Editorial bottom line
Both products can be relevant to AI-assisted software work. Compare the product form, available execution surfaces, documented workflow, pricing model, and governance requirements against the same repository task.
Choose Tabnine when organizations that need SaaS, VPC, on-premises, or air-gapped AI coding deployment.
Choose Codex when developers who want the same coding agent in ChatGPT, an IDE, and the terminal.
Run the same representative repository task and compare output quality, review effort, execution surface, and governance requirements.
Cost scenarios
Start with the documented free entry points before comparing paid usage.
Tabnine: No ongoing free plan is shown on the current public pricing page
Codex: Codex is included across ChatGPT plans, including Free and Go, with limits that vary by plan
Run the same scoped task in both products and compare review effort, output quality, and limits before standardizing.Compare the published individual entry and the documented usage model.
Tabnine: $39/user/month, annual subscription — Code Assistant Platform. Customer-provided models are described as unlimited within the subscription. Tabnine-provided LLM access adds reserved token consumption at the underlying provider price plus a 5% handling fee. Headless agents are separately licensed by processing-capacity tier.
Codex: See official pricing. Codex usage draws from the plan's agentic usage and credit pool. The current rate card primarily maps model input, cached-input, and output tokens to credits.
Use actual workload data rather than treating plans with different usage units as directly equivalent.Evaluate governance, billing, identity, and deployment requirements alongside the seat or usage model.
Tabnine: $59/user/month, annual subscription — Agentic Platform. Customer-provided models are described as unlimited within the subscription. Tabnine-provided LLM access adds reserved token consumption at the underlying provider price plus a 5% handling fee. Headless agents are separately licensed by processing-capacity tier.

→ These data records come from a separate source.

//! The promise of scripts and their reports.
//! A law runs nothing, and tells the prover a fact: `scripts_read_as_written`.
ghost use Rattle.std.specs.Prelude.{◌≡◌, List, IfOk};
ghost use Rattle.std.specs.Io.KnownBytes.{Appends};
ghost use Rattle.script_lang.specs.Scripts.{Script as Said};
ghost use Rattle.script_lang.specs.Spellings.{script_text, IsWritable};
ghost use Rattle.report_lines.specs.Texts.{report_text};
ghost use Rattle.report_lines.specs.declared.printed.Answer.{Answer};
ghost use Rattle.bench_report.specs.Laws.{KeepsLaws};

use bench_report::{StoppedRun, run_left_with};
use board::Payloads;
use crew::Crew;
use disk::Disk;
use report_lines::Report;
use script_lang::scripts_read_as_written;
use simdisk::SimDisk;
use std::alloc::Global;
use std::io::Write;

/// *From the bytes of a script to those of its report.* The bytes are the text of a script, in its plain spelling. What was
/// written is the text of answers to its lines. Where no line writes the disk past the firmware, these answers keep the prefix
/// law (`prefix`). The disk that is left is the one that they tell of: each state that a crash may leave of it ends a history
/// that they tell (`ends`). Where it counted no failure, each power-on found what all acknowledged commands make (`all`). The
/// slots begin with any payloads. Which answers its lines may have at all, refusals with their numbers too, [`run_left_with`]
/// says, of the same answers and of a script in any spelling.
pub fn a_script<C: Crew, W: Write>(
    alloc: Global,
    script: &[u8],
    crew: &C,
    payloads: Payloads,
    out: &mut W,
) -> Result<(Report, SimDisk), StoppedRun>
    ensures { (said : Said) → IsWritable said → script.now ≡ script_text said
        → IfOk result (λ left. (answers : List Answer)
        × Appends (W.contents out.old) (W.contents out.new) (report_text answers)
        × KeepsLaws said answers (⟦<SimDisk as Disk>⟧.facts left.1)) }
{
    scripts_read_as_written();
    run_left_with(alloc, script, crew, payloads, out)
}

Codex: See official pricing. Codex usage draws from the plan's agentic usage and credit pool. The current rate card primarily maps model input, cached-input, and output tokens to credits.
Validate the exact plan and execution surface with both vendors before making a governance decision.Workflow fit
Tabnine is positioned as Enterprise AI coding assistant and governed agentic development platform. Its source-reviewed guide is the right place to validate its detailed workflow, tradeoffs, and operating model.
Codex is positioned as Cross-surface coding agent and multi-agent command center. Its source-reviewed guide is the right place to validate its detailed workflow, tradeoffs, and operating model.
Product form alone is not enough for a governance decision. Review the official security, privacy, pricing, and execution documentation for the exact plan and deployment model.
FAQ
Tabnine is positioned as Enterprise AI coding assistant and governed agentic development platform. Codex is positioned as Cross-surface coding agent and multi-agent command center. The aligned matrix shows how those product forms map to surfaces, workflow, pricing, and governance evidence.
Tabnine: No ongoing free plan is shown on the current public pricing page Codex: Codex is included across ChatGPT plans, including Free and Go, with limits that vary by plan
Run the same representative repository task in both products, then compare the documented execution surface, review effort, output quality, usage limits, and required governance controls.
There is no universal answer. Review the official security, privacy, network, approval, identity, and audit documentation for the exact plan and execution surface your team will use.
Methodology and sources
Each field is grounded in current first-party product, documentation, pricing, security, privacy, changelog, or help material.
Related tools
Use the product guides below to widen the shortlist beyond Tabnine and Codex without losing the source-reviewed analysis format.
Editorial review · AI coding comparison
The comparison keeps product differences tied to dated source records instead of unsupported rankings.
Source snapshot is 90 days old; verify upstream details before relying on pricing, availability, or security claims.